Last year, the City of Austin started requiring ride-hailing companies, both ride-share companies and taxis, to fingerprint its drivers, and both Uber and Lyft pulled out in protest. In their place, a number of local ride-sharing apps, such as RideAustin and the app Fasten (which is only available in Austin and Boston), have cropped up. RideAustin is unique in that it is nonprofit; it allows passengers to round up their fares and donate the overage to the charity of their choice. Blogs by SXSW attendees lamented price surging as well as the apps just crashing from the load.
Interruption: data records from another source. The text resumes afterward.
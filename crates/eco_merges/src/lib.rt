//! Merges: the commands of stages are done, one after another, by whoever does commands, and their outcomes are written; and
//! stages are copied into one (Flecs manual, Systems, staging).
#![tactic(auto)]

mod copying;
pub mod laws;
mod merging;

pub use copying::copies_of;
pub use merging::{MergeTarget, apply_stages, room_for};
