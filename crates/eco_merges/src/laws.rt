//! Laws of commands that are done: a function does nothing, and its contract are the laws.
ghost use Rattle.eco_stages.specs.Merging.{BothAreDone, DoneAreCounted, NoneAreDone, OneIsDone};

/// Commands are done in turn: none at first, one by its outcome, some and others after them; and each has an outcome.
pub fn commands_are_done_in_turn()
    ensures none { NoneAreDone }
    ensures one { OneIsDone }
    ensures both { BothAreDone }
    ensures counted { DoneAreCounted }
{
    eco_ids::laws::runs_keep_lawful();
}
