//! Stages that are copied.
ghost use Rattle.std.specs.Prelude.{◌≡◌, ◌++◌, IfOk};
ghost use Rattle.eco_stages.specs.Merging.{all_commands};

use eco_stages::Stage;
use std::alloc::{AllocError, Global};

/// The commands of all stages in one, in order, each copied. An `Err` comes where memory is refused.
pub fn copies_of(alloc: Global, stages: &[Stage]) -> Result<Stage, AllocError>
    ensures { IfOk result (λ copy. copy ≡ all_commands stages.now) }
{
    let mut copy = Stage::new(alloc);
    record_each(&mut copy, stages)?;
    Ok(copy)
}

// The commands of all stages come last, in order, each copied. An `Err` may leave some of them.
fn record_each(copy: &mut Stage, stages: &[Stage]) -> Result<(), AllocError>
    ensures { IfOk result (λ _. copy.new ≡ copy.old ++ all_commands stages.now) }
{
    for stage in stages {
        copy.record_copies(stage)?;
    }
    Ok(())
}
These are tenuous times for Uber, which was founded in 2009 and now books more than a million rides daily. Last week saw the resignation of Uber CEO Jeff Jones just six months after taking the helm. Various cities around the world, including San Antonio, are trying to curtail its services, there are allegations that the company has been ignoring sexual harassment charges aimed at drivers, and a slew of other recent resignations have left top posts open. In Seattle, the company is fighting an ordinance that allows Uber, Lyft and other drivers to organize into a union.

In what could be the biggest threat to the company yet, Waymo, a self-driving ride-share venture owned by Google’s parent company, Alphabet, sued Uber last month, claiming that one of its employees stole the technology, then left and started his own company, Otto. It was then acquired by Uber six months later and he was put in charge of Uber’s autonomous vehicle production. Waymo has now asked a judge to force Uber to halt development until the lawsuit is resolved.